Why the Ottoman Empire Was Successful

Het Ottomaanse Rijk organiseerde de samenleving rond het concept van de millet, of autonome religieuze gemeenschap. De niet-moslimse “Mensen van het Boek” (christenen en joden) waren belasting verschuldigd aan de regering; in ruil daarvoor mochten zij zichzelf besturen volgens hun eigen religieuze wet in zaken die geen betrekking hadden op moslims. De religieuze gemeenschappen konden zo een grote mate van identiteit en autonomie behouden.
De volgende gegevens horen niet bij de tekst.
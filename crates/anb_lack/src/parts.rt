//! The parts of a term that don't compose from other terms.
ghost use Rattle.std.specs.Prelude.{◌≡◌, ◌<◌, ◌++◌, ◌∷◌, [], List, Some, filter, length, map, slice_get, IfOk, OnOk};
ghost use Rattle.anb_term.specs.Tree.{Tree, tree_eqb, trees_of};
ghost use Rattle.anb_term.specs.View.{tree_of};
ghost use Rattle.anb_intern.specs.Nodes.{operands_at, AreUnder};
ghost use Rattle.anb_protocol.specs.Names.{distinct};
ghost use Rattle.anb_reason.specs.Decided.{composes};
ghost use Rattle.anb_lack.specs.Listing.{IsListing};
ghost use Rattle.anb_lack.specs.Parts.{lacking, lacks, parts, parts_of_all};

use anb_base::NoMemory;
use anb_intern::{Node, NodeId, Pool};
use anb_reason::{composing, marks, put_all};
use anb_term::Term;
use std::alloc::Global;

/// The parts of a term that don't compose from these terms, each once, in the order in which they first
/// stand in it, outside first. Each node of the terms takes one look-up by its hash.
pub(crate) fn lacking(
    alloc: Global,
    terms: &[Term],
    t: &Term,
) -> Result<Vec<Term>, anb_base::NoMemory>
    ensures { IfOk result (λ parts.
        map tree_of parts.items ≡ lacking (map tree_of terms.now) (tree_of t.now)) }
{
    match lacking_parts(alloc, terms, t) {
        Ok(parts) => Ok(parts),
        Err(NoMemory) => Err(anb_base::NoMemory),
    }
}

fn lacking_parts(alloc: Global, terms: &[Term], t: &Term) -> Result<Vec<Term>, NoMemory>
    ensures { IfOk result (λ parts.
        map tree_of parts.items ≡ lacking (map tree_of terms.now) (tree_of t.now)) }
{
    let mut pool = Pool::new(alloc);
    let held = put_all(alloc, &mut pool, terms)?;
    let whole = pool.put_term(alloc, t)?;
    let marks = marks(alloc, &pool, &held)?;
    let composing = composing(alloc, &pool, &marks)?;
    let mut ids = Vec::new(alloc);
    put_parts(&mut ids, &pool, whole)?;
    let parts = terms_without(alloc, &pool, &ids, composing)?;
    Ok(parts)
}

/// Appends the numbers of a term's parts, outside first.
#[cycle(parts)]
fn put_parts(out: &mut Vec<NodeId>, pool: &Pool, id: NodeId) -> Result<(), NoMemory>
    requires within { id.0 < length pool.now }
    requires under { AreUnder (length pool.now) out.old.items }
    ensures under { OnOk result (AreUnder (length pool.now) out.new.items) }
    ensures parts { OnOk result ((t : Tree) → slice_get pool.now id.0 ≡ Some t
        → operands_at pool.now out.new.items ≡ operands_at pool.now out.old.items ++ parts t) }
{
    out.push(id)?;
    match pool.get(id) {
        Node::Atom(_) => Ok(()),
        Node::Apply(_, ids) => {
            put_all_parts(out, pool, ids, id)?;
            Ok(())
        }
    }
}

/// Appends those of each of these terms, whose numbers are below another.
#[cycle(parts)]
fn put_all_parts(
    out: &mut Vec<NodeId>,
    pool: &Pool,
    ids: &[NodeId],
    end: NodeId,
) -> Result<(), NoMemory>
    requires below { AreUnder end.0 ids.now }
    requires within { end.0 < length pool.now }
    requires under { AreUnder (length pool.now) out.old.items }
    ensures under { OnOk result (AreUnder (length pool.now) out.new.items) }
    ensures parts { OnOk result (operands_at pool.now out.new.items
        ≡ operands_at pool.now out.old.items
        ++ parts_of_all (trees_of (operands_at pool.now ids.now))) }
{
    for id in ids {
        put_parts(out, pool, *id)?;
    }
    Ok(())
}

/// The terms with these numbers but those that have the flag, each once.
fn terms_without(
    alloc: Global,
    pool: &Pool,
    ids: &[NodeId],
    mut flags: Vec<bool>,
) -> Result<Vec<Term>, NoMemory>
    requires under { AreUnder (length pool.now) ids.now }
    requires long { length flags.items ≡ length pool.now }
    ensures { IfOk result (λ terms. (S : List Tree) → flags.items ≡ map (composes S) pool.now
        → map tree_of terms.items
        ≡ distinct tree_eqb (filter (lacks S) (operands_at pool.now ids.now))) }
{
    let mut terms = Vec::new(alloc);
    for id in ids {
        list(alloc, pool, *id, &mut flags, &mut terms)?;
    }
    Ok(terms)
}

/// Lists a term that hasn't the flag, which it has then.
fn list(
    alloc: Global,
    pool: &Pool,
    id: NodeId,
    flags: &mut Vec<bool>,
    terms: &mut Vec<Term>,
) -> Result<(), NoMemory>
    requires within { id.0 < length pool.now }
    requires long { length flags.old.items ≡ length pool.now }
    ensures long { OnOk result (length flags.new.items ≡ length pool.now) }
    ensures listing { OnOk result ((S seen : List Tree) (t : Tree)
        → slice_get pool.now id.0 ≡ Some t
        → IsListing S pool.now flags.old.items seen (map tree_of terms.old.items)
        → IsListing S pool.now flags.new.items (seen ++ t ∷ []) (map tree_of terms.new.items)) }
{
    let _ = pool.len();
    if flags[id.0 as usize] {
        return Ok(());
    }
    flags[id.0 as usize] = true;
    let term = pool.term(alloc, id)?;
    terms.push(term)?;
    Ok(())
}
Volgens de BBC: “Er waren vele redenen waarom het Ottomaanse Rijk zo succesvol was: 1) Sterk gecentraliseerd; 2) De macht werd altijd overgedragen aan één persoon, en niet verdeeld tussen rivaliserende vorsten; 3) Het Ottomaanse Rijk werd 7 eeuwen lang met succes geregeerd door één enkele familie. 4) Een door de staat geleid onderwijssysteem; 5) Religie werd opgenomen in de staatsstructuur, en de sultan werd beschouwd als “de beschermer van de islam”. 6) Gerechtelijk apparaat van de staat; 7) Meedogenloos in de omgang met plaatselijke leiders; 8) Bevordering tot machtsposities hing grotendeels af van verdienste; 9) Vormde allianties tussen politieke en raciale groeperingen; 10) Verenigd door islamitische ideologie; 11) Verenigd door islamitische krijgscode met als ideaal de uitbreiding van het islamitische grondgebied door middel van de Jihad; 12) Verenigd door islamitische organisatorische en administratieve structuren; 13) zeer pragmatisch, neemt de beste ideeën van andere culturen over en maakt die tot de zijne; 14) moedigt loyaliteit van andere geloofsgroepen aan; 15) particuliere macht en rijkdom worden gecontroleerd; 16) zeer sterk leger; 17) sterk slavenleger; 18) deskundig in het ontwikkelen van buskruit als militair hulpmiddel; 19) militair ethos doordringt de hele administratie.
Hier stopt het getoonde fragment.